**Your assignment**.
In the listing below, locate the lines that hold "None" and copy them.

**Task input**.
- Opening Delimiter -

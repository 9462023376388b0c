// A constrained attribute, with its listed values in order.
ghost use Rattle.std.specs.Prelude.{◌≡◌, ◌&&◌, ◌||◌, ◌++◌, IfOk, OnOk, IsTrue, bytes_eq, map};
ghost use Rattle.std.specs.List.{list_any};
ghost use Rattle.der_core.specs.AttributeReading.{are_elements};
ghost use Rattle.der_core.specs.AttributeView.{attribute_view};
ghost use Rattle.der_core.specs.Element.{AreOctets};
ghost use Rattle.constraint_meet.specs.Permits.{AreOfOctets, values_in};
ghost use Rattle.constraint_meet.specs.Tests.{is_covered};
ghost use Rattle.package_attrs.specs.AttributeTypes.{firmware_package_id, target_hardware_ids};
ghost use Rattle.explain_text.specs.Keys.{AscendByNumber, KeepsTypes, KeepsVersions, are_listed, is_late_name};
ghost use Rattle.explain_text.specs.Ordered.{lent};

use crate::hardware::{are_listed, types_of};
use crate::ordered::put_in_order;
use crate::versions::{is_late_name, versions_of};
use der_core::laws::slice_is_octets;
use der_core::{Attr, Cursor, Oid};
use package_attrs::attribute_types::{FIRMWARE_PACKAGE_ID, TARGET_HARDWARE_IDS};
use std::alloc::{AllocError, Global};
use std::marker::Model;

// Seen as the attribute.
#[derive(Drop)]
pub(crate) struct Listed<'a> {
    pub(crate) kind: Oid,
    // The contents of the SET of values.
    pub(crate) values: &'a [u8],
    // The values in ascending order, each once.
    ordered: Vec<&'a [u8]>,
    // Of package identifiers the preferred names, each with its version, in order.
    versions: Vec<(Oid, u128)>,
    // Of hardware types each, with the place of its value in `ordered`, in order.
    types: Vec<(Oid, u128)>,
}

impl<'a> Model for Listed<'a> {
    ghost use Rattle.std.specs.Prelude.{IsTrue, Contains};
    ghost use Rattle.der_core.specs.Attribute.{Attribute};
    ghost use Rattle.der_core.specs.AttributeReading.{are_elements};
    ghost use Rattle.der_core.specs.Element.{AreOctets};
    ghost use Rattle.constraint_meet.specs.Permits.{values_in};
    ghost use Rattle.explain_text.specs.Keys.{AscendByNumber, KeepsTypes, KeepsVersions};
    ghost use Rattle.explain_text.specs.Ordered.{AreExactly, lent};

    ghost Value = { Attribute };

    ghost view = { λ l. record { kind = l.kind; values = l.values.now } };

    ghost invariant = { λ l. IsTrue (are_elements l.values.now) × AreOctets l.values.now
        × AreExactly (Contains (values_in l.values.now)) (lent l.ordered.items)
        × KeepsVersions l.kind (lent l.ordered.items) l.versions.items
        × AscendByNumber l.versions.items
        × KeepsTypes l.kind (lent l.ordered.items) l.types.items
        × AscendByNumber l.types.items };
}

// Adds the values that a SET holds.
pub(crate) fn push_values<'a>(all: &mut Vec<&'a [u8]>, values: &'a [u8]) -> Result<(), AllocError>
    requires elements { IsTrue (are_elements values.now) }
    ensures { OnOk result (lent all.new.items ≡ lent all.old.items ++ values_in values.now) }
{
    let mut items = Cursor::new(values);
    while let Some((_, _, value)) = items.next() {
        all.push(value)?;
    }
    Ok(())
}

fn is_package_id(kind: &[u8]) -> bool
    ensures { result ≡ bytes_eq kind.now firmware_package_id }
{
    kind == FIRMWARE_PACKAGE_ID.as_slice()
}

fn is_target_hardware(kind: &[u8]) -> bool
    ensures { result ≡ bytes_eq kind.now target_hardware_ids }
{
    kind == TARGET_HARDWARE_IDS.as_slice()
}

// The preferred names of values, where the type is that of package identifiers.
fn kept_versions(
    alloc: Global,
    kind: &[u8],
    values: &[&[u8]],
) -> Result<Vec<(Oid, u128)>, AllocError>
    ensures same { IfOk result (λ keys. KeepsVersions kind.now (lent values.now) keys.items) }
    ensures ordered { IfOk result (λ keys. AscendByNumber keys.items) }
{
    if is_package_id(kind) {
        versions_of(alloc, values)
    } else {
        Ok(Vec::new(alloc))
    }
}

// The hardware types of values, where the type is that of target hardware.
fn kept_types(alloc: Global, kind: &[u8], values: &[&[u8]]) -> Result<Vec<(Oid, u128)>, AllocError>
    ensures same { IfOk result (λ keys. KeepsTypes kind.now (lent values.now) keys.items) }
    ensures ordered { IfOk result (λ keys. AscendByNumber keys.items) }
{
    if is_target_hardware(kind) {
        types_of(alloc, values)
    } else {
        Ok(Vec::new(alloc))
    }
}

impl<'a> Listed<'a> {
    pub(crate) fn new(alloc: Global, attribute: &Attr<'a>) -> Result<Listed<'a>, AllocError>
        ensures same { IfOk result (λ listed. listed ≡ attribute_view attribute.now) }
        ensures octets { AreOctets attribute.now.values.now }
    {
        let Attr { kind, values, .. } = *attribute;
        slice_is_octets(values);
        let mut ordered = Vec::new(alloc);
        push_values(&mut ordered, values)?;
        put_in_order(&mut ordered);
        let versions = kept_versions(alloc, kind.octets(), &ordered)?;
        let types = kept_types(alloc, kind.octets(), &ordered)?;
        Ok(Listed {
            kind,
            values,
            ordered,
            versions,
            types,
        })
    }

    // Whether this is one of the listed values.
    fn has(&self, value: &[u8]) -> bool
        ensures { result
            ≡ list_any (λ one. bytes_eq one value.now) (values_in self.now.values) }
    {
        self.ordered.binary_search(&value).is_ok()
    }

    // Whether a listed value covers this one.
    pub(crate) fn covers(&self, value: &[u8]) -> bool
        ensures { result ≡ is_covered self.now value.now }
    {
        self.has(value) || self.covers_more(value)
    }

    // Whether one that needn't be equal does.
    fn covers_more(&self, value: &[u8]) -> bool
        ensures { result ≡ ((bytes_eq self.now.kind firmware_package_id
            && is_late_name (values_in self.now.values) value.now)
            || (bytes_eq self.now.kind target_hardware_ids
            && are_listed (values_in self.now.values) value.now)) }
    {
        self.covers_version(value) || self.covers_types(value)
    }

    // Whether this is a later version of a listed package.
    fn covers_version(&self, value: &[u8]) -> bool
        ensures { result ≡ (bytes_eq self.now.kind firmware_package_id
            && is_late_name (values_in self.now.values) value.now) }
    {
        is_package_id(self.kind.octets()) && is_late_name(&self.versions, &self.ordered, value)
    }

    // Whether a listed value lists all of its hardware types.
    fn covers_types(&self, value: &[u8]) -> bool
        ensures { result ≡ (bytes_eq self.now.kind target_hardware_ids
            && are_listed (values_in self.now.values) value.now) }
    {
        is_target_hardware(self.kind.octets()) && are_listed(&self.types, &self.ordered, value)
    }
}

// The attributes, each with its values in order.
pub(crate) fn all_listed<'a>(
    alloc: Global,
    attributes: &[Attr<'a>],
) -> Result<Vec<Listed<'a>>, AllocError>
    ensures same { IfOk result (λ listed. listed.items ≡ map attribute_view attributes.now) }
    ensures octets { IfOk result (λ _. AreOfOctets (map attribute_view attributes.now)) }
{
    let mut all = Vec::new(alloc);
    for attribute in attributes {
        let listed = Listed::new(alloc, attribute)?;
        all.reserve(1)?;
        all.push_reserved(listed);
    }
    Ok(all)
}
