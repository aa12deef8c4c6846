// The job writer (document 02, note 1). Its caller counts the appends that are done; nothing else has to be kept between calls. The three functions
// answer by number, for C.
#![tactic(auto)]

ghost use Rattle.std.specs.Prelude.{◌≡◌};
ghost use Rattle.job.specs.Record.{fields};
ghost use Rattle.writer.specs.Writer.{code_of, draft, wrote, counting, begun, appended_fields, closed};
ghost use Rattle.writer.specs.Writer.{writer as Writer·writer};

use job::Fields;
use writer::{Refused, Writer};

pub mod drafts;

// 0, or the number of the refusal.
fn code_of(reply: Result<Writer, Refused>) -> u32
    ensures { result ≡ code_of reply }
{
    match reply {
        Ok(_) => 0,
        Err(refused) => refused.why as u32,
    }
}

pub fn flash_job_begin(buffer: &mut [u8]) -> u32
    ensures { wrote result (Writer·writer 0) buffer.new ≡ begun buffer.old }
{
    code_of(drafts::begin(buffer))
}

pub fn flash_job_append(
    buffer: &mut [u8],
    count: u32,
    kind: u32,
    who: u32,
    width: u32,
    number: u32,
    value: u64,
) -> u32
    ensures { wrote result (counting result count) buffer.new
        ≡ appended_fields (fields kind who width 0 number value) (draft (Writer·writer count) buffer.old) }
{
    let f = Fields {
        kind,
        who,
        width,
        unused: 0,
        number,
        value,
    };
    code_of(drafts::append_fields(buffer, Writer { count }, f))
}

pub fn flash_job_close(buffer: &mut [u8], count: u32) -> u32
    ensures { wrote result (Writer·writer count) buffer.new ≡ closed (draft (Writer·writer count) buffer.old) }
{
    code_of(drafts::close(buffer, Writer { count }))
}
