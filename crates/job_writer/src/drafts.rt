// The writer over a lent buffer: begin, append, close. A refusal leaves the buffer and the writer as they were.
ghost use Rattle.std.specs.Prelude.{◌≡◌, Err};
ghost use Rattle.writer.specs.Writer.{draft, replied, begun, appended_fields, appended, closed};

use job::Fields;
use jobfile::head::{HEAD, LONGEST, RECORD};
use jobfile::{head, records};
use part::Call;
use writer::{Refused, WriteRefusal, Writer};

fn refuse(why: WriteRefusal, writer: Writer) -> Result<Writer, Refused>
    ensures { result ≡ Err (record { why = why; writer = writer }) }
{
    Err(Refused { why, writer })
}

// A head with a count of 0. A refused begin has the writer of no calls.
pub fn begin(buffer: &mut [u8]) -> Result<Writer, Refused>
    ensures { replied result buffer.new ≡ begun buffer.old }
{
    let w = Writer { count: 0 };
    if buffer.len() < HEAD {
        return refuse(WriteRefusal::NoRoom, w);
    }
    head::put_head(buffer);
    Ok(w)
}

// The record of these fields behind the last one. The head stays, so that until it is closed the job is refused.
pub(crate) fn append_fields(buffer: &mut [u8], w: Writer, f: Fields) -> Result<Writer, Refused>
    ensures { replied result buffer.new ≡ appended_fields f (draft w buffer.old) }
{
    if job_fields::malformed_fields(f) {
        return refuse(WriteRefusal::Malformed, w);
    }
    let n = w.count;
    if LONGEST <= n {
        return refuse(WriteRefusal::NoRoom, w);
    }
    let from = HEAD + RECORD * (n as usize);
    let to = from + RECORD;
    if buffer.len() < to {
        return refuse(WriteRefusal::NoRoom, w);
    }
    records::put_record(&mut buffer[from..to], f);
    Ok(Writer { count: n + 1 })
}

// One call, by its fields. One that no record holds is malformed.
pub fn append(buffer: &mut [u8], w: Writer, c: Call) -> Result<Writer, Refused>
    ensures { replied result buffer.new ≡ appended c (draft w buffer.old) }
{
    match job_fields::fields_of(c) {
        Some(f) => append_fields(buffer, w, f),
        None => refuse(WriteRefusal::Malformed, w),
    }
}

// The count of what was appended. More may be appended afterwards, and closed again.
pub fn close(buffer: &mut [u8], w: Writer) -> Result<Writer, Refused>
    ensures { replied result buffer.new ≡ closed (draft w buffer.old) }
{
    let n = w.count;
    if (buffer.len() < HEAD) | (LONGEST < n) {
        return refuse(WriteRefusal::NoRoom, w);
    }
    head::put_count(buffer, n);
    Ok(w)
}
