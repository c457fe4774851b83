//! The offers of an instance by the tree in which their pool stands.

ghost use Rattle.std.specs.Prelude.{◌≡◌, ℕ, ◌<◌, ◌⊎◌, ◌++◌, [], ◌∷◌, length, IfOk, OnOk};
ghost use Rattle.map_model.specs.Allocation.{IsOffer};
ghost use Rattle.map_model.specs.Progress.{root_of};
ghost use Rattle.evict.specs.Standing.{IsReady};
ghost use Rattle.std.specs.List.Sorted.{IsPermutation};
ghost use Rattle.move_up.specs.Asked.{AreAllListed, AreListed, IsListed, listed_at};

use crate::offers::is_offer;
use evict::State;
use map_model::{GroupId, Instance, Key, NodeId, Offer};
use no_memory::NoMemory;
use std::alloc::Global;
use std::marker::Model;

/// The offers to one pool, as places in a list.
#[derive(Clone, Copy, Debug)]
pub(crate) struct Run {
    pub pool: NodeId,
    pub from: usize,
    pub until: usize,
}

/// Offers whose pools stand in one tree, by pool, and by key in each pool.
#[derive(Debug, Drop)]
pub(crate) struct Offers {
    list: Vec<Offer>,
    // The score of each, and where the offers to each pool stand: so a search need not look them up.
    scores: Vec<u32>,
    runs: Vec<Run>,
}

impl Model for Offers {
    ghost use Rattle.std.specs.Prelude.{List};
    ghost use Rattle.map_model.specs.declared.instance.Offer.{Offer};

    ghost Value = { List Offer };

    ghost view = { λ o. o.list.items };
}

impl Offers {
    fn new(alloc: Global) -> Offers
        ensures { result ≡ [] }
    {
        Offers {
            list: Vec::new(alloc),
            scores: Vec::new(alloc),
            runs: Vec::new(alloc),
        }
    }

    /// Adds an offer.
    fn push(&mut self, offer: Offer) -> Result<(), NoMemory>
        ensures { OnOk result (self.new ≡ self.old ++ offer ∷ []) }
    {
        self.list.push(offer)?;
        Ok(())
    }

    /// Brings the offers into order.
    fn rank(&mut self, alloc: Global, instance: &Instance) -> Result<(), NoMemory>
        ensures { OnOk result (IsPermutation self.old self.new) }
    {
        self.list
            .sort_by_cached_key(|offer| rank_of(instance, *offer))?;
        self.scores = scores_of(alloc, instance, self.list.as_slice())?;
        self.runs = runs_of(alloc, instance, self.list.as_slice())?;
        Ok(())
    }

    /// The offers.
    pub fn as_slice(&self) -> &[Offer]
        ensures { result.now ≡ self.now }
    {
        self.list.as_slice()
    }

    /// The score of each offer.
    pub fn scores(&self) -> &[u32] {
        self.scores.as_slice()
    }

    /// Where the offers to each pool stand.
    pub fn runs(&self) -> &[Run] {
        self.runs.as_slice()
    }
}

fn key_at(instance: &Instance, offer: Offer) -> Option<Key> {
    if is_offer(instance, offer) {
        Some(instance.key(offer))
    } else {
        None
    }
}

/// Where an offer stands among those of its tree: by pool, score and group.
fn rank_of(instance: &Instance, offer: Offer) -> u128 {
    match key_at(instance, offer) {
        Some(key) => {
            (u128::from(key.pool.0) << 64) | (u128::from(key.score) << 32) | u128::from(key.group.0)
        }
        None => 0,
    }
}

/// The score of each of some offers.
fn scores_of(alloc: Global, instance: &Instance, offers: &[Offer]) -> Result<Vec<u32>, NoMemory> {
    let mut scores = Vec::new(alloc);
    for offer in offers {
        let score = match key_at(instance, *offer) {
            Some(key) => key.score,
            None => 0,
        };
        scores.push(score)?;
    }
    Ok(scores)
}

/// The pool of an offer of some place in a list.
fn pool_in(instance: &Instance, offers: &[Offer], at: usize) -> Option<NodeId> {
    let offer = offers.get(at)?;
    let key = key_at(instance, *offer)?;
    Some(key.pool)
}

/// Where the offers to each pool stand in a list by pool.
fn runs_of(alloc: Global, instance: &Instance, offers: &[Offer]) -> Result<Vec<Run>, NoMemory> {
    let mut runs = Vec::new(alloc);
    let mut from = 0;
    for at in 0..offers.len() {
        let until = at + 1;
        let here = pool_in(instance, offers, at);
        if here != pool_in(instance, offers, until) {
            if let Some(pool) = here {
                runs.push(Run { pool, from, until })?;
            }
            from = until;
        }
    }
    Ok(runs)
}

/// The offers of an instance, each listed at the root of the tree in which its pool stands. They rest on
/// lists and trees alone: made once, they serve while demands and capacities change.
#[derive(Debug, Drop)]
pub struct Asked {
    by_root: Vec<Offers>,
}

impl Model for Asked {
    ghost use Rattle.std.specs.Prelude.{List};
    ghost use Rattle.map_model.specs.declared.instance.Offer.{Offer};

    ghost Value = { List (List Offer) };

    ghost view = { λ a. a.by_root.items };
}

fn no_offers(alloc: Global, count: u32) -> Result<Vec<Offers>, NoMemory>
    ensures count { IfOk result (λ lists. length lists.items ≡ count) }
    ensures empty { IfOk result (λ lists. (n : ℕ) → listed_at lists.items n ≡ []) }
{
    let mut lists = Vec::new(alloc);
    for _node in 0..count {
        lists.push(Offers::new(alloc))?;
    }
    Ok(lists)
}

/// Lists an offer at a node.
fn list_offer(lists: &mut [Offers], at: usize, offer: Offer) -> Result<(), NoMemory>
    requires { at < length lists.old }
    ensures { OnOk result (IsListed lists.old lists.new at offer) }
{
    let list = &mut lists[at];
    list.push(offer)?;
    Ok(())
}

fn list_group(
    instance: &Instance,
    state: &State,
    lists: &mut [Offers],
    group: GroupId,
) -> Result<(), NoMemory>
    requires ready { IsReady instance.now state.now }
    requires group { group.0 < length instance.now.groups }
    requires listed { AreListed instance.now (λ g k. g < group.0) lists.old }
    ensures { OnOk result (AreListed instance.now (λ g k. (g < group.0) ⊎ (g ≡ group.0))
        lists.new) }
{
    for place in 0..instance.list_len(group) {
        let offer = Offer { group, place };
        let root = state.root(instance.pool_at(offer));
        list_offer(lists, root.0 as usize, offer)?;
    }
    Ok(())
}

fn list_all(instance: &Instance, state: &State, lists: &mut [Offers]) -> Result<(), NoMemory>
    requires ready { IsReady instance.now state.now }
    requires count { length lists.old ≡ length instance.now.nodes }
    requires empty { (n : ℕ) → listed_at lists.old n ≡ [] }
    ensures { OnOk result (AreAllListed instance.now lists.new) }
{
    for g in 0..instance.groups() {
        list_group(instance, state, lists, GroupId(g))?;
    }
    Ok(())
}

/// Brings the offers that are listed at a node into order.
fn rank_list(
    alloc: Global,
    instance: &Instance,
    lists: &mut [Offers],
    at: usize,
) -> Result<(), NoMemory>
    requires at { at < length lists.old }
    requires listed { AreAllListed instance.now lists.old }
    ensures { OnOk result (AreAllListed instance.now lists.new) }
{
    let list = &mut lists[at];
    list.rank(alloc, instance)?;
    Ok(())
}

/// Brings the offers of each tree into order.
fn rank_all(alloc: Global, instance: &Instance, lists: &mut [Offers]) -> Result<(), NoMemory>
    requires { AreAllListed instance.now lists.old }
    ensures { OnOk result (AreAllListed instance.now lists.new) }
{
    for at in 0..lists.len() {
        rank_list(alloc, instance, lists, at)?;
    }
    Ok(())
}

impl Asked {
    /// The offers of an instance, over whose lists and trees the state stands.
    ///
    /// # Errors
    ///
    /// `NoMemory`.
    pub fn build(alloc: Global, instance: &Instance, state: &State) -> Result<Asked, NoMemory>
        requires { IsReady instance.now state.now }
        ensures { IfOk result (λ asked. AreAllListed instance.now asked) }
    {
        let mut by_root = no_offers(alloc, instance.nodes())?;
        list_all(instance, state, by_root.as_mut_slice())?;
        rank_all(alloc, instance, by_root.as_mut_slice())?;
        Ok(Asked { by_root })
    }

    /// The offers in the tree of a root.
    pub fn in_tree(&self, root: NodeId) -> &[Offer]
        requires { root.0 < length self.now }
        ensures { result.now ≡ listed_at self.now root.0 }
    {
        self.by_root[root.0 as usize].as_slice()
    }

    /// The offers in the tree of a root, with their scores and runs.
    pub(crate) fn ranked(&self, root: NodeId) -> Option<&Offers> {
        self.by_root.get(root.0 as usize)
    }
}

- Closing Delimiter -

**Result below**.
        None => refuse(WriteRefusal::Malformed, w),
        None
        None => 0,
            None => 0,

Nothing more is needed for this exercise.